Any temperature change from any source will alter the density. It has been carefully observed and measured. Planes can't take off when the temperature is high because the density is too low for lift. It is not an anomaly. It is applied physics.



SSDD said:


> Note that although terms for insolation intensity and auto-compression are not used in the formula, it is proposed that these two are still what virtually determine an average near-surface


What he is saying here is that the gas law parameters are not enough to compute the temperature. You need to know the sun energy, etc, but he has no formula to compute the average near surface energy or temperature. Therefore the gas law alone is not complete in computing the temperatures of planets. So his theory has no meaning in computing temperature which is supposedly his goal. What he has done is simply show atmospheric data follow the ideal gas law. Of course it does. So what. There is no prediction given.



SSDD said:


> Actually, he is dead on. But do feel free to apply the greenhouse hypothesis to the other planets and lets see how close it is. Looking forward to seeing it work on saturn and jupiter where there are no so called greenhouse gasses to speak of.


It's simple. Don't make it complicated. Greenhouse gas models are not applicable if there are no greenhouse gases. That should have been obvious.

You were taken in by a charlatan. No question about that.

I wondered how a published paper could be so bad. Look at the upper left corner. It was published by Science Publishing Group. It's a web site. All you have to do is pay them $400 and they will publish your paper for everyone to read free of charge. Sort of like a diploma mill you pay the money they give you a diploma. Their papers are not peer reviewed. They are possibly internally reviewed but not by leading experts.

A professional journal never never charges the author. They charge the reader. It costs $10 to over $40 dollars for a reader to download a single professional journal paper or a $500 to over $900 a year for a subscription.

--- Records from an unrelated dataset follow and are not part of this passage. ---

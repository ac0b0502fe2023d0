// The atoms of the active instances of effects. They are kept as a set, and a variable that an effect does not name stands for
// one object alone: so the atoms take as much room as there are of them, and not as there are tuples of objects.
ghost use Rattle.std.specs.Prelude.{◌≡◌, ◌++◌, [], IfOk, OnOk, if◌then◌else◌};
ghost use Rattle.std.specs.List.{flat_map};
ghost use Rattle.pd_model.specs.State.{SameState};
ghost use Rattle.pd_model.specs.Instance.{agrees};
ghost use Rattle.pd_model.specs.Fits.{fitting, tuples};
ghost use Rattle.pd_model.specs.Exec.{active, active_at, of_sign};
ghost use Rattle.pd_model.specs.own.Variables.{StandForAll, effect_names};

use crate::fits::{fitting_objects, one_fitting};
use crate::instance::{are_true, instance_of};
use crate::state::State;
use crate::variables::effect_names;
use crate::{Effect, Memory, Pddl};
use std::alloc::Global;

/// Adds the atom of the effect's instance for these objects, where its condition holds.
fn add_one(
    alloc: Global,
    state: &State,
    objects: &[u32],
    effect: &Effect,
    into: &mut State,
) -> Result<(), Memory>
    ensures { OnOk result (SameState into.new (active_at state.now effect.now objects.now ++ into.old)) }
{
    if are_true(alloc, state, objects, effect.cond.as_slice())? {
        into.add(instance_of(alloc, objects, &effect.atom)?)?;
    }
    Ok(())
}

/// The objects to be tried for the variable at a place: all that fit, or one of them where the effect does not name it.
fn tried(
    alloc: Global,
    p: &Pddl,
    kind: u32,
    place: usize,
    effect: &Effect,
) -> Result<Vec<u32>, Memory>
    ensures { IfOk result (λ objects. StandForAll (effect_names place effect.now) (fitting p.now kind) objects.items) }
{
    if effect_names(place, effect) {
        fitting_objects(alloc, p, kind)
    } else {
        one_fitting(alloc, p, kind)
    }
}

/// Adds the atoms of the active instances of an effect, for each tuple of the objects that fit.
fn add_active(
    alloc: Global,
    p: &Pddl,
    state: &State,
    objects: &mut Vec<u32>,
    over: &[u32],
    effect: &Effect,
    into: &mut State,
) -> Result<(), Memory>
    ensures kept { OnOk result (objects.new.items ≡ objects.old.items) }
    ensures added { OnOk result (SameState into.new (flat_map (λ more. active_at state.now effect.now (objects.old.items ++ more)) (tuples p.now over.now) ++ into.old)) }
{
    let Some((kind, rest)) = over.split_first() else {
        return add_one(alloc, state, objects, effect, into);
    };
    let tried = tried(alloc, p, *kind, objects.len(), effect)?;
    for o in &tried {
        objects.push(*o)?;
        add_active(alloc, p, state, objects, rest, effect, into)?;
        objects.pop();
    }
    Ok(())
}

fn add_signed(
    alloc: Global,
    p: &Pddl,
    state: &State,
    objects: &mut Vec<u32>,
    effect: &Effect,
    sign: bool,
    into: &mut State,
) -> Result<(), Memory>
    ensures kept { OnOk result (objects.new.items ≡ objects.old.items) }
    ensures added { OnOk result (SameState into.new ((if agrees sign effect.now.adds then active p.now state.now objects.old.items effect.now else []) ++ into.old)) }
{
    if effect.adds == sign {
        add_active(
            alloc,
            p,
            state,
            objects,
            effect.over.as_slice(),
            effect,
            into,
        )?;
    }
    Ok(())
}

/// The atoms of the active adds, or of the active deletes.
pub fn active_atoms(
    alloc: Global,
    p: &Pddl,
    state: &State,
    objects: &[u32],
    effects: &[Effect],
    sign: bool,
) -> Result<State, Memory>
    ensures { IfOk result (λ atoms. SameState atoms (flat_map (active p.now state.now objects.now) (of_sign sign effects.now))) }
{
    let mut tuple = Vec::from_slice(alloc, objects)?;
    let mut atoms = State::new(alloc);
    for effect in effects {
        add_signed(alloc, p, state, &mut tuple, effect, sign, &mut atoms)?;
    }
    Ok(atoms)
}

It is true that just because a paper is published for a price by a web mill, the paper still may be correct and informative, but the paper you cited is definitely not.


----------



## SSDD (Oct 23, 2018)

Wuwei said:


> I know what he is stating in no uncertain terms, but it is certain he is wrong.{/quote]
> 
> Really?  Based on what observed, measured evidence.  Lets see it.  We both know no such evidence will be forthcoming so why not just admit that the thought of him being right is just to terrible for you to bear?
> 
> ...


----------



## Wuwei (Oct 23, 2018)

SSDD said:


> Wuwei said:
> 
> 
> > I know what he is stating in no uncertain terms, but it is certain he is wrong.{/quote]
> ...



I'm not assuming a particular source of energy is required. It is a simple fact that any temperature change from any source will alter atmospheric density. It has been carefully observed and measured.

I didn't cherry pick a quote. These are two sentences in the same paragraph that you fully quoted:

Authors second sentence:
It requires no input from parameters previously thought to be essential for the calculation of atmospheric temperatures, such as; *solar insolation* etc.

Authors last sentence:
it is proposed that these two [*solar* *insolation, *auto-compression] are still what virtually determine an average near-surface planetary atmospheric temperature.​
Do you see the self contradiction? The first sentence says the amount of sun energy is not necessary to calculate temperatures. In the last sentence he says it virtually determines the temperature.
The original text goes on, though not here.